Чистоплотность и розовость от щек до кончиков пальцев были причиной того, что в младших классах Танечку всегда назначали старшей санзвена, и она носила на правом рукаве платья белую с красным крестом повязку. Вот что такое настоящая красавица, даже санитарная повязка ее украшала.

Если в той стороне класса, в той туманности с ее радостным центром случалось что-то громкое или хулиганистое (я говорю хулиганистое потому, что по-настоящему хулиганского или жестокого в нашем классе вообще ничего никогда не происходило, словно мы согласно подписали мир на вечные времена), – я мог туда бросить не слишком долгий взгляд, притом взгляд простительного в таком случае любопытства. И только заодно можно было захватить взглядом немного лишнего, этак небрежно или даже лениво мазнуть им по самому интересному – по Танечке. Я никогда не думал, что это у меня от трусости. Я полагал, что – от вполне понятной робости, стыдливости (эти качества казались мне почти положительными), от некоторой извинительной боязни себя выдать. Счастливые те мальчишки, которые могут трепать свою симпатию за косичку, развязывать ей бант, и все в таком духе. Я устроен иначе. То есть я тоже могу трепать за косички, но исключительно тех девчонок, которые мне до лампочки.

Если я замечал девчонку только в классе, а после школы она напрочь вылетала из моей головы, значит, это еще не то. Танечка же завладела уже и моими мыслями. Когда я о ней думал, сердце мое то сжималось, то… разжималось. И так – все время.

Несколько раз вечером я даже ходил смотреть на ее окно. Оно, между прочим, находилось все в том же, девятнадцатом доме – средоточии всего самого интересного на свете. «Странно, – думал я, глядя на изливающее приятно оранжевый свет окно Танечки, – сколько горящих окон в доме, и мне они хоть бы хны, а это – какое-то особенное». Иногда я отваживался и набирал в телефоне-автомате ее номер К5 -03 – 47, но заговорить не решался. Хотел, чтобы она сама угадала меня. А она раза два скажет «алло!», «кто это?», а потом уже своим насмешливым голосом влепит: «Ну, что? Долго будем сопеть?» И все – вешает трубку. Хоть бы сказала, пусть даже своим насмешливым голосом, как однажды, в конце третьего класса, когда мы после уроков шли домой, и я раздухарился и шел прямо по проезжей части: «Маленький мальчик! Бибика задавит». Маленького мальчика я бы не простил никому. Танечка – другое дело. Ей – можно.

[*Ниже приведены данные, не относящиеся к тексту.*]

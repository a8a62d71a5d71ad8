//! The values of MP_REACH_NLRI and MP_UNREACH_NLRI part by part, whatever their family is (RFC
//! 4760, 3 and 4).
//!
//! ```text
//! MP_REACH_NLRI    AFI 2 | SAFI 1 | next-hop length 1 | next hop | reserved 1 | NLRI
//! MP_UNREACH_NLRI  AFI 2 | SAFI 1 | withdrawn destinations
//! ```

ghost use Rattle.std.specs.Prelude.{◌≡◌};
ghost use Rattle.std.specs.Option.{option_map};
ghost use Rattle.bgp_update.specs.MpParts.{reach_fields, reach_of, unreach_fields, unreach_of};
ghost use Rattle.bgp_update.specs.MpValue.{family_with};

use bgp_open::Family;
use byteorder::{BigEndian, ByteOrder};

/// The Subsequent Address Family Identifier of unicast.
const UNICAST: u8 = 1;

/// The parts of the value of MP_REACH_NLRI.
#[derive(Clone, Copy, Debug, PartialEq, Eq)]
pub struct ReachParts<'a> {
    /// The Address Family Identifier.
    pub afi: u16,
    /// The Subsequent Address Family Identifier.
    pub safi: u8,
    /// The octets of the next hop, at most 255.
    pub next_hop: &'a [u8],
    /// The octet behind the next hop: 0 is sent, and any is received.
    pub reserved: u8,
    /// The octets of the destinations that are announced.
    pub nlri: &'a [u8],
}

/// The parts of the value of MP_UNREACH_NLRI.
#[derive(Clone, Copy, Debug, PartialEq, Eq)]
pub struct UnreachParts<'a> {
    /// The Address Family Identifier.
    pub afi: u16,
    /// The Subsequent Address Family Identifier.
    pub safi: u8,
    /// The octets of the destinations that are withdrawn.
    pub withdrawn: &'a [u8],
}

/// Splits the value of MP_REACH_NLRI, of whatever family, into its parts. Returns none if it is too
/// short for them (RFC 4760, 3).
pub fn split_reach(value: &[u8]) -> Option<ReachParts<'_>>
    ensures { option_map reach_of result ≡ reach_fields value.entry.now }
{
    if value.len() < 5 {
        return None;
    }
    let hop_len = usize::from(value[3]);
    let rest = value.split_at(4).1;
    if rest.len() < hop_len + 1 {
        return None;
    }
    let (next_hop, rest) = rest.split_at(hop_len);
    Some(ReachParts {
        afi: BigEndian::read_u16(value),
        safi: value[2],
        next_hop,
        reserved: rest[0],
        nlri: rest.split_at(1).1,
    })
}

/// Splits the value of MP_UNREACH_NLRI, of whatever family, into its parts. Returns none if it has
/// fewer than 3 octets (RFC 4760, 4).
pub fn split_unreach(value: &[u8]) -> Option<UnreachParts<'_>>
    ensures { option_map unreach_of result ≡ unreach_fields value.entry.now }
{
    if value.len() < 3 {
        return None;
    }
    Some(UnreachParts {
        afi: BigEndian::read_u16(value),
        safi: value[2],
        withdrawn: value.split_at(3).1,
    })
}

/// Returns the family that AFI and SAFI name, or none if it is neither IPv4 nor IPv6 unicast (RFC
/// 4760, 6).
pub fn family_with(afi: u16, safi: u8) -> Option<Family>
    ensures { result ≡ family_with afi safi }
{
    if safi != UNICAST {
        return None;
    }
    match afi {
        1 => Some(Family::V4),
        2 => Some(Family::V6),
        _ => None,
    }
}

Но вот беда! Забыв о Танечке, я, кажется, уходил в новое приключение стремительно, как вода в воронку. А что может вода перед открытой воронкой? То-то и оно. Признаться, мне это было несвойственно. Танечка засела в мою душу давно и прочно, с самого третьего класса, как только нас объединили с девчонками. Вот уже три года я не мог смотреть на нее. И вдруг…

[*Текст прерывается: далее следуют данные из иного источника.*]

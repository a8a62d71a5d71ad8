//! What may become of an UPDATE (RFC 7606, 2).

use crate::destination::Destination;
use crate::subcodes::Subcodes;
use bgp_attr::Path;
use bgp_open::Families;
use std::alloc::{Allocator, Global};

/// Destinations that become reachable by one path, which they share.
#[derive(Drop)]
#[derive_where(Debug)]
pub struct Put<A: Allocator = Global> {
    /// The path.
    pub path: Path<A>,
    /// The destinations, in the order in which they stood.
    pub destinations: Vec<Destination, A>,
}

/// What an UPDATE changes if it is applied: first destinations are removed, and then routes put, so
/// that one that is withdrawn and announced is there afterwards.
#[derive(Drop)]
#[derive_where(Debug)]
pub struct Changes<A: Allocator = Global> {
    /// The destinations to remove.
    pub remove: Vec<Destination, A>,
    /// The routes of the NLRI field to put: none if it announces no destination.
    pub nlri: Option<Put<A>>,
    /// The routes of MP_REACH_NLRI to put. If the form in which they were received has IPv6 next
    /// hops of IPv4 routes, IPv4 prefixes may have an IPv6 next hop (RFC 8950, 3).
    pub mp_reach_nlri: Option<Put<A>>,
}

/// The outcomes that are allowed of an UPDATE: to apply its changes, with some families disabled
/// then, or to reset the session. At least one is allowed.
#[derive(Drop)]
#[derive_where(Debug)]
pub struct Outcomes<A: Allocator = Global> {
    /// What it changes if it is applied; `None` if the session has to be reset.
    pub changes: Option<Changes<A>>,
    /// The families that are disabled whenever it is applied; none if it isn't.
    pub certain: Families,
    /// The other families that may be disabled, or not, when it is applied.
    pub optional: Families,
    /// The subcodes of UPDATE Message Error by which the session may be reset, instead or because
    /// it has to.
    pub reset: Subcodes,
}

Вдруг из толпы ходящих по кругу ребят вынырнули и направились к нам Светка и Ника. Ника, подойдя почти вплотную ко мне, посмотрела мне прямо в глаза, и я увидел перед собой две черные, опасные бездны. У нее были совершенно огненные черные глазища.

– Тебя зовут Вова? – твердо спросила она и, уходя, снова вручила мне Лермонтова. Ее обращение было бы мне совершенно по шерсти, ведь она угадала, как меня правильно звать. От Володь и Владимиров мне всегда становилось тоскливо, домашние-то звали меня Вовой. Аркашкино обращение «Володь» было, конечно, лучше, чем если бы он называл меня по фамилии – Блендман, но оно устанавливало между нами невидимый заборчик, через который не особенно-то перепрыгнешь. Я чувствовал, что оно шло от его собственного самоуважения, и вынужден был с этим считаться. Ее обращение было бы мне совершенно по шерсти, если бы она сказала:

– Кажется, тебя зовут Вова? – то есть если бы она немного смягчила свою твердость сомнением, колебанием. Пусть бы она спросила, как спросила, но чтобы потом – смутилась.

– Ты не заметил, она не покраснела? – спросил я Аркашку.